Grace Calder, Jenny Goodhue with Blue and Michaela Daly-Carter with Kruz. Photo / Michael Cunningham.
When 13-year-old foxy Blue slipped out the cat door and went for an early morning jaunt along Western Hills Drive on Tuesday, he was blissfully unaware of the series of events that would follow.
They involved bringing a line of heavy-load traffic to a standstill, a joy ride with a pig ear, a nap in the back of a pilot vehicle, making friends with a fellow canine, uniting strangers, a box of chocolates and then fame.
All the while, Blue's owner Jenny Goodhue was oblivious.
It was 3am when Auckland pilot driver Michaela Daly-Carter was heading through Whangārei with an entourage of five other vehicles, between them escorting five large classroom dwellings to Kaitaia.

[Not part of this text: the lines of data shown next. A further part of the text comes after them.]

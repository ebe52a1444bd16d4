//! An index by hash of slots, in room that was made at once.
//!
//! An entry is the number of a slot and a tag, the upper half of a hash: the index knows no keys, and asks its caller of
//! a slot whether it is the one. An entry stands in the bucket that its tag names, its home, or in the next free word
//! after it. There are twice as many buckets as entries at least, so that a search ends after few steps, and half as many
//! words again after them, so that no search goes round. An entry that is taken out leaves no mark: those after it
//! move up.

mod growth;
mod words;

ghost use Rattle.std.specs.Prelude.{◌≡◌, ◌==◌, ◌<◌, ◌-◌, ◌^◌, None, IfOk};
ghost use Rattle.pfl_edits.specs.Maps as maps;
ghost use Rattle.pfl_containers.specs.Slots.{AreTags, FindsBy, HasTag, tag_in};

use crate::slots::growth::{first_buckets, with_room};
use crate::slots::words::{Word, find_in, home_of, put, take_out};
use pfl_edits::NoMemory;
use std::alloc::Allocator;
use std::marker::Model;

/// The most slots that an index can have room for, and so the most rows and entries that are found by one.
pub const MOST_SLOTS: usize = 1 << 30;

/// The tag of a hash: its upper half.
#[inline]
pub fn tag_of(hash: u64) -> u32
    ensures tag { result ≡ tag_in hash }
{
    (hash >> 32) as u32
}

/// The tags of slots, by which a slot is found. All room is made by `new`, and by `copy` for the copy: no other call takes
/// memory, and a slot that is taken out leaves its room to another.
#[derive(Drop)]
pub struct SlotIndex<A: Allocator> {
    limit: usize,
    len: usize,
    buckets: usize,
    words: Vec<Word, A>,
    spare: Vec<Word, A>,
}

impl<A: Allocator> Model for SlotIndex<A> {
    ghost use Rattle.std.specs.Prelude.{vec_capacity};
    ghost use Rattle.pfl_containers.specs.Slots.{Tags, coded_tags};
    ghost use Rattle.pfl_containers.specs.inner.SlotWords.{tag_map, AreFields, AreSpare};

    ghost Value = { Tags };

    ghost coded = { coded_tags };

    ghost view = { λ h. record { tags = tag_map h.words.items; limit = h.limit } };

    ghost invariant = { λ h. AreFields h.limit h.len h.buckets h.words.items (vec_capacity h.words) × AreSpare h.limit h.spare.items (vec_capacity h.spare) };
}

impl<A: Allocator + Copy> SlotIndex<A> {
    /// No slots, and room for `limit` of them. There is no memory for more than 2³⁰.
    pub fn new(alloc: A, limit: usize) -> Result<Self, NoMemory>
        ensures limit { IfOk result (λ index. index.limit ≡ limit) }
        ensures empty { IfOk result (λ index. index.tags ≡ maps.empty) }
    {
        if limit > MOST_SLOTS {
            return Err(NoMemory);
        }
        let buckets = first_buckets(limit);
        let mut words = Vec::with_capacity(alloc, 3 * limit + 1)?;
        words.resize(buckets + buckets / 2, Word::free())?;
        let spare = Vec::with_capacity(alloc, limit + limit / 2)?;
        Ok(SlotIndex {
            limit,
            len: 0,
            buckets,
            words,
            spare,
        })
    }
}

impl<A: Allocator> SlotIndex<A> {
    /// How many slots there are.
    #[inline]
    pub fn len(&self) -> usize
        ensures len { result ≡ maps.len self.now.tags }
    {
        self.len
    }

    /// How many slots there is room for.
    #[inline]
    pub fn limit(&self) -> usize
        ensures limit { result ≡ self.now.limit }
    {
        self.limit
    }

    /// There is no room for another slot.
    #[inline]
    pub fn is_full(&self) -> bool
        ensures full { result ≡ (maps.len self.now.tags == self.now.limit) }
    {
        self.len == self.limit
    }

    /// The slot of this tag that is the one. `is_it` is asked of slots with the tag alone, until it says yes.
    #[inline]
    pub fn find<F: Fn(usize) -> bool>(&self, tag: u32, is_it: F) -> Option<usize>
        requires callable { (slot : _) → HasTag self.now.tags tag slot → F.pre is_it slot }
        ensures found { FindsBy (F.post is_it) self.now.tags tag result }
    {
        find_in(&self.words, home_of(tag, self.buckets), tag, is_it)
    }

    /// Puts a slot in, with its tag.
    pub fn insert(&mut self, tag: u32, slot: usize)
        requires small { slot < 2 ^ 32 - 1 }
        requires new { maps.get self.old.tags slot ≡ None }
        requires room { maps.len self.old.tags < self.old.limit }
        ensures tags { self.new.tags ≡ maps.insert self.old.tags slot tag }
        ensures limit { self.new.limit ≡ self.old.limit }
    {
        self.buckets = with_room(
            &mut self.words,
            &mut self.spare,
            self.limit,
            self.len,
            self.buckets,
        );
        put(&mut self.words, slot, tag, self.buckets);
        self.len += 1;
    }

    /// Takes a slot out, by its tag.
    pub fn remove(&mut self, tag: u32, slot: usize)
        requires stands { HasTag self.old.tags tag slot }
        ensures tags { self.new.tags ≡ maps.remove self.old.tags slot }
        ensures limit { self.new.limit ≡ self.old.limit }
    {
        take_out(&mut self.words, slot, tag, self.buckets);
        self.len -= 1;
    }

    /// What is true of each index.
    pub fn known(&self)
        ensures tags { AreTags self.now }
    {
        let _ = &self.limit;
    }
}

impl<A: Allocator + Copy> SlotIndex<A> {
    /// The same slots, with room of their own.
    pub fn copy(&self) -> Result<Self, NoMemory>
        ensures same { IfOk result (λ copied. copied ≡ self.now) }
    {
        let mut words = Vec::with_capacity(*self.words.allocator(), 3 * self.limit + 1)?;
        words.extend_from_slice(&self.words)?;
        let spare = Vec::with_capacity(*self.words.allocator(), self.limit + self.limit / 2)?;
        Ok(SlotIndex {
            limit: self.limit,
            len: self.len,
            buckets: self.buckets,
            words,
            spare,
        })
    }
}
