//! A node's frame goes out to the other node (if_pfsync.c).

ghost use Rattle.std.specs.Prelude.{◌≡◌, ◌<◌, ◌≤◌, ◌+◌, ◌*◌, None, IfOk, IfErr, OnOk, OnErr, length};
ghost use Rattle.pfl_base.specs.Nodes.{other_node};
ghost use Rattle.pfl_edits.specs.Changes.{Fits};
ghost use Rattle.pfl_node.specs.Flushing as flushing;
ghost use Rattle.pfl_node.specs.desk.Edits as nodes;
ghost use Rattle.pfl_node.specs.desk.Nodes.{IsNode, IsRefusal};
ghost use Rattle.pfl_link.specs.Faults.{room_fault};
ghost use Rattle.pfl_link.specs.Links.{sent};
ghost use Rattle.pfl_world.specs.Flushing.{flush_refusal, sent_frame, flush_work};
ghost use Rattle.pfl_world.specs.Values.{HoldsLittle};
ghost use Rattle.pfl_world.specs.inner.Recording.{Recorded};
ghost use Rattle.pfl_world.specs.inner.WorldEdits.{before_node};
ghost use Rattle.pfl_world.specs.Worlds.{node_at, with_node, with_link};

use crate::edit::WorldEdit;
use crate::world::World;
use pfl_base::{NodeId, Refusal};
use pfl_edits::{Change, NoMemory, Recorder, undo_all};
use pfl_language::Outcome;
use pfl_link::Bytes;
use pfl_node::NodeEdit;
use std::alloc::Allocator;

impl<A: Allocator> World<A> {
    /// Why no frame goes out of a node, if there is a reason. It takes no memory.
    fn flush_refusal(&self, node: NodeId) -> Option<Refusal>
        ensures refusal { result ≡ flush_refusal self.now node }
    {
        if let Some(refusal) = self.node(node).send_refusal() {
            return Some(refusal);
        }
        match self.link.room_fault() {
            Some(fault) => Some(Refusal::from(fault)),
            None => None,
        }
    }
}

impl<A: Allocator + Copy> World<A> {
    /// A frame goes out of a node.
    pub(crate) fn flush<R: Recorder<WorldEdit<A>>>(
        &mut self,
        node: NodeId,
        to: &mut R,
    ) -> Result<Outcome, Refusal>
        ensures refused { IfErr result (IsRefusal (flush_refusal self.old node)) }
        ensures unchanged { OnErr result (self.new ≡ self.old) }
        ensures unrecorded { OnErr result (R.list to.new ≡ R.list to.old) }
        ensures not_refused { OnOk result (flush_refusal self.old node ≡ None) }
        ensures world { OnOk result (self.new ≡ with_link (with_node self.old node (flushing.flushed (node_at self.old node)))
            (sent self.old.link (sent_frame self.old node))) }
        ensures outcome { IfOk result (λ outcome. outcome ≡ Outcome.Sent self.old.link.next (length (sent_frame self.old node).bytes)) }
        ensures recorded { OnOk result (Recorded HoldsLittle self.old self.new (R.list to.old) (R.list to.new)) }
        ensures few { OnOk result (length (R.list to.new) ≤ length (R.list to.old) + (2 + 2 * flush_work self.old node)) }
        ensures room { R.spare to.old + length (R.list to.old) ≤ R.spare to.new + length (R.list to.new) }
    {
        if let Some(refusal) = self.flush_refusal(node) {
            return Err(refusal);
        }
        let (bytes, change) = self.nodes.at_mut(node).flush()?;
        match self.send(node, Bytes::from(bytes), change, to) {
            Ok(outcome) => Ok(outcome),
            Err(_) => Err(Refusal::NoMemory),
        }
    }

    /// The link takes the frame of a node, and what was changed for it is recorded. Where there is no memory, the node is as it was,
    /// and nothing is recorded.
    fn send<R: Recorder<WorldEdit<A>>>(
        &mut self,
        node: NodeId,
        bytes: Bytes<A>,
        change: Change<NodeEdit, A>,
        to: &mut R,
    ) -> Result<Outcome, NoMemory>
        requires fits { Fits nodes.Finds IsNode nodes.put_back change.list (node_at self.old node) }
        requires room { room_fault self.old.link ≡ None }
        requires short { length bytes ≤ self.old.link.mtu }
        ensures undone { OnErr result (self.new ≡ before_node self.old node change.list) }
        ensures unrecorded { OnErr result (R.list to.new ≡ R.list to.old) }
        ensures world { OnOk result (self.new ≡ with_link self.old (sent self.old.link (record { to = other_node node; bytes = bytes }))) }
        ensures outcome { IfOk result (λ outcome. outcome ≡ Outcome.Sent self.old.link.next (length bytes)) }
        ensures recorded { OnOk result (Recorded HoldsLittle (before_node self.old node change.list) self.new (R.list to.old) (R.list to.new)) }
        ensures few { OnOk result (length (R.list to.new) ≤ length (R.list to.old) + (length change.list + 1)) }
        ensures room { R.spare to.old + length (R.list to.old) ≤ R.spare to.new + length (R.list to.new) }
    {
        self.known();
        if reserve_one_more(to, change.len()).is_err() {
            self.undo_at(node, change);
            return Err(NoMemory);
        }
        let len = bytes.len();
        let Ok((ticket, edit)) = self.link.send(node.other(), bytes) else {
            self.undo_at(node, change);
            return Err(NoMemory);
        };
        change.record_in(node, to);
        to.push(WorldEdit::OfLink(edit));
        Ok(Outcome::Sent { ticket, len })
    }

    /// Takes what a node changed back, without memory.
    fn undo_at(&mut self, node: NodeId, change: Change<NodeEdit, A>)
        requires fits { Fits nodes.Finds IsNode nodes.put_back change.list (node_at self.old node) }
        ensures undone { self.new ≡ before_node self.old node change.list }
    {
        undo_all(self.nodes.at_mut(node), change);
    }
}

/// Makes room for `n` edits and one more. Where that is no number, there is no memory for them either.
fn reserve_one_more<E, R: Recorder<E>>(to: &mut R, n: usize) -> Result<(), NoMemory>
    ensures list { R.list to.new ≡ R.list to.old }
    ensures room { OnOk result (n < R.spare to.new) }
    ensures kept { R.spare to.old ≤ R.spare to.new }
{
    match n.checked_add(1) {
        Some(more) => to.reserve(more),
        None => Err(NoMemory),
    }
}
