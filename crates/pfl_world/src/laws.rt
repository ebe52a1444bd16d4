//! Laws of the pair. They have no code: each is a theorem over the definitions, which a function's contract names.

ghost use Rattle.pfl_world.specs.Laws.{NewWorldsAreWorlds, LateWorldsAreWorlds};

/// The pair before any event keeps all that is true of each pair, whatever number it begins to count from.
pub fn new_worlds_are_worlds()
    ensures opening { NewWorldsAreWorlds }
    ensures late { LateWorldsAreWorlds }
{}
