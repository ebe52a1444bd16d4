//! The pair of nodes, the link between them, and the events that happen to them.
#![tactic(auto)]

mod apply;
mod at_node;
mod deliver;
mod edit;
mod fault;
mod flush;
mod in_flight;
mod laws;
mod lift;
mod nodes;
mod record;
mod restart;
mod restart_edit;
mod restart_undone;
mod small_edit;
mod tape;
mod undo;
mod undone;
mod world;

pub use edit::{WorldChange, WorldEdit, WorldTape};
pub use fault::WorldFault;
pub use laws::new_worlds_are_worlds;
pub use pfl_node::{
    BadRecord, Counters, Decision, Node, Parts, Ruling, ask_rules, decide, records_leave_the_rest,
};
pub use restart_edit::RestartEdit;
pub use restart_undone::RestartUndone;
pub use small_edit::{MiddleEdit, SmallEdit};
pub use undone::WorldUndone;
pub use world::World;
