//! The two nodes of a pair, distinguished by their names.

ghost use Rattle.std.specs.Prelude.{◌≡◌, IfOk};
ghost use Rattle.std.specs.Borrow.{sem};
ghost use Rattle.pfl_language.specs.Limits.{AreLimits};
ghost use Rattle.pfl_node.specs.desk.Nodes.{IsNode, new_node};
ghost use Rattle.pfl_world.specs.Worlds.{of_name};

use pfl_base::NodeId;
use pfl_edits::NoMemory;
use pfl_language::Limits;
use pfl_node::Node;
use pfl_rules::RuleSet;
use std::alloc::Allocator;
use std::marker::Model;

/// The two nodes of a pair.
#[derive(Drop)]
pub(crate) struct Nodes<A: Allocator> {
    pub(crate) a: Node<A>,
    pub(crate) b: Node<A>,
}

impl<A: Allocator> Model for Nodes<A> {
    ghost use Rattle.pfl_world.specs.Worlds.{Nodes};
    ghost use Rattle.pfl_world.specs.Codes.{coded_nodes};

    ghost Value = { Nodes };

    ghost coded = { coded_nodes };

    ghost view = { λ ns. record { a = ns.a; b = ns.b } };
}

impl<A: Allocator + Copy> Nodes<A> {
    /// The nodes of a pair before any event, with a rule set each. Their first boots have the numbers 1 and 2; their next ids and
    /// queueing numbers are `next`.
    pub(crate) fn new(
        alloc: A,
        limits: Limits,
        rules_a: RuleSet<A>,
        rules_b: RuleSet<A>,
        next: u32,
    ) -> Result<Self, NoMemory>
        requires limits { AreLimits limits }
        ensures a { IfOk result (λ ns. ns.a ≡ new_node limits rules_a 1 next 0) }
        ensures b { IfOk result (λ ns. ns.b ≡ new_node limits rules_b 2 next 0) }
    {
        let a = Node::new_at(alloc, limits, rules_a, 1, next)?;
        let b = Node::new_at(alloc, limits, rules_b, 2, next)?;
        Ok(Nodes { a, b })
    }

    /// Equal nodes, with memory of their own.
    pub(crate) fn copy(&self) -> Result<Self, NoMemory>
        ensures same { IfOk result (λ copied. copied ≡ self.now) }
    {
        Ok(Nodes {
            a: self.a.copy()?,
            b: self.b.copy()?,
        })
    }
}

impl<A: Allocator> Nodes<A> {
    ghost use Rattle.pfl_world.specs.inner.Lending.{LendsNode};

    /// States for proofs what is true of each node. It does nothing.
    pub(crate) fn known(&self)
        ensures a { IsNode self.now.a }
        ensures b { IsNode self.now.b }
    {
        self.a.known();
        self.b.known();
    }

    /// The node of the name.
    pub(crate) fn at(&self, id: NodeId) -> &Node<A>
        ensures node { result.now ≡ of_name id self.now.a self.now.b }
    {
        match id {
            NodeId::A => &self.a,
            NodeId::B => &self.b,
        }
    }

    /// The node of the name, to be changed.
    pub(crate) fn at_mut(&mut self, id: NodeId) -> &mut Node<A>
        ensures* writes_back { sem 𝓛 (LendsNode A.row A.Allocator self.entry id result) }
        ensures node { result.now ≡ of_name id self.old.a self.old.b }
    {
        match id {
            NodeId::A => &mut self.a,
            NodeId::B => &mut self.b,
        }
    }
}
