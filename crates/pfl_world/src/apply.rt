//! An event happens to the pair.

ghost use Rattle.std.specs.Prelude.{◌≡◌, ◌≤◌, ◌+◌, Ok, IfOk, IfErr, OnOk, OnErr, length};
ghost use Rattle.std.specs.List.{AllByRecursion};
ghost use Rattle.pfl_edits.specs.Changes.{Fits, back};
ghost use Rattle.pfl_world.specs.Events.{step, IsEventRefusal, IsRefusalOf, frame_event};
ghost use Rattle.pfl_world.specs.Values.{HoldsLittle, MayHold};
ghost use Rattle.pfl_world.specs.Weights.{weight};
ghost use Rattle.pfl_world.specs.WorldEdits.{Finds, put_back};
ghost use Rattle.pfl_world.specs.inner.Recording.{Recorded};
ghost use Rattle.pfl_world.specs.Worlds.{IsWorld};

use crate::edit::{WorldChange, WorldEdit};
use crate::world::World;
use pfl_base::Refusal;
use pfl_edits::{Change, Recorder};
use pfl_language::{Event, FrameEvent, Outcome};
use std::alloc::Allocator;

impl<A: Allocator + Copy> World<A> {
    /// Lets an event happen, and returns its outcome and what it changed.
    pub fn apply(&mut self, event: &Event) -> Result<(Outcome, WorldChange<A>), Refusal>
        ensures refused { IfErr result (IsEventRefusal self.old event.now) }
        ensures unchanged { OnErr result (self.new ≡ self.old) }
        ensures step { IfOk result (λ r. step self.old event.now ≡ Ok (record { world = self.new; outcome = r.0 })) }
        ensures fits { IfOk result (λ r. Fits Finds IsWorld put_back r.1.list self.new) }
        ensures back { IfOk result (λ r. back put_back r.1.list self.new ≡ self.old) }
        ensures weight { IfOk result (λ r. length r.1.list ≤ weight self.old event.now) }
        ensures small { IfOk result (λ r. AllByRecursion (MayHold event.now) r.1.list) }
    {
        let mut change = Change::new(self.alloc);
        let outcome = self.apply_to(event, &mut change)?;
        Ok((outcome, change))
    }

    /// Lets an event happen, returns its outcome, and records what it changed.
    pub(crate) fn apply_to<R: Recorder<WorldEdit<A>>>(
        &mut self,
        event: &Event,
        to: &mut R,
    ) -> Result<Outcome, Refusal>
        ensures refused { IfErr result (IsEventRefusal self.old event.now) }
        ensures unchanged { OnErr result (self.new ≡ self.old) }
        ensures unrecorded { OnErr result (R.list to.new ≡ R.list to.old) }
        ensures step { IfOk result (λ outcome. step self.old event.now ≡ Ok (record { world = self.new; outcome = outcome })) }
        ensures recorded { OnOk result (Recorded (MayHold event.now) self.old self.new (R.list to.old) (R.list to.new)) }
        ensures few { OnOk result (length (R.list to.new) ≤ length (R.list to.old) + weight self.old event.now) }
        ensures room { R.spare to.old + length (R.list to.old) ≤ R.spare to.new + length (R.list to.new) }
    {
        match event {
            Event::At { node, event } => self.at_node(*node, event, to),
            Event::Flush { node } => self.flush(*node, to),
            Event::Of { ticket, event } => self.of_frame(*ticket, event, to),
            Event::Restart { node } => self.restart(*node, to),
        }
    }

    /// Lets an event happen to the frame that is in flight under the ticket.
    fn of_frame<R: Recorder<WorldEdit<A>>>(
        &mut self,
        ticket: u32,
        event: &FrameEvent,
        to: &mut R,
    ) -> Result<Outcome, Refusal>
        ensures refused { IfErr result (IsRefusalOf (frame_event self.old ticket event.now)) }
        ensures unchanged { OnErr result (self.new ≡ self.old) }
        ensures unrecorded { OnErr result (R.list to.new ≡ R.list to.old) }
        ensures step { IfOk result (λ outcome. frame_event self.old ticket event.now ≡ Ok (record { world = self.new; outcome = outcome })) }
        ensures recorded { OnOk result (Recorded HoldsLittle self.old self.new (R.list to.old) (R.list to.new)) }
        ensures few { OnOk result (length (R.list to.new) ≤ length (R.list to.old) + weight self.old (Event.Of ticket event.now)) }
        ensures room { R.spare to.old + length (R.list to.old) ≤ R.spare to.new + length (R.list to.new) }
    {
        match event {
            FrameEvent::Deliver => self.deliver(ticket, to),
            FrameEvent::Lose => self.lose(ticket, to),
            FrameEvent::Repeat => self.repeat(ticket, to),
            FrameEvent::Cut { len } => self.cut(ticket, *len, to),
        }
    }
}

Then a small figure appeared on the road.
"I was halfway up Western Hills Drive when I spotted what I thought was a cat. Then I realised a dog had run out in front of me. It was a blind corner but I didn't want the dog to get run over so I stopped the vehicle and radioed the house mover."
The midnight move entailed two house moving trailers carrying five classrooms from Mt Roskill destined for Kaitaia which entailed four pilot vehicles. While one load carried a single classroom, the other had four adjoining classrooms measuring 8.5m wide and 27m long and was about to become the longest building to travel over the Kaeo bridge, said Daly-Carter who owns All Sized Piloting Ltd.
The small fox terrier brought this fleet to a halt along with many other heavy load traffic travelling behind it, while Daly-Carter hopped out and retrieved the dog, later revealed to be named Blue.
"At first he was a bit edgy and then I calmed him down and he sniffed my hand and I saw that he had a collar. I picked him up and put him in the car, hoping there'd be a number," she said.
"He had a council tag but, at 3am, nothing's really open. I knew we'd be coming back through later so I put him in my car and he lay down."
She also gave him a puppy pillow, pig's ear and a bowl of water which happened to be in the car along with her nine-week old rottweiler Kruz who was intrigued by the newcomer.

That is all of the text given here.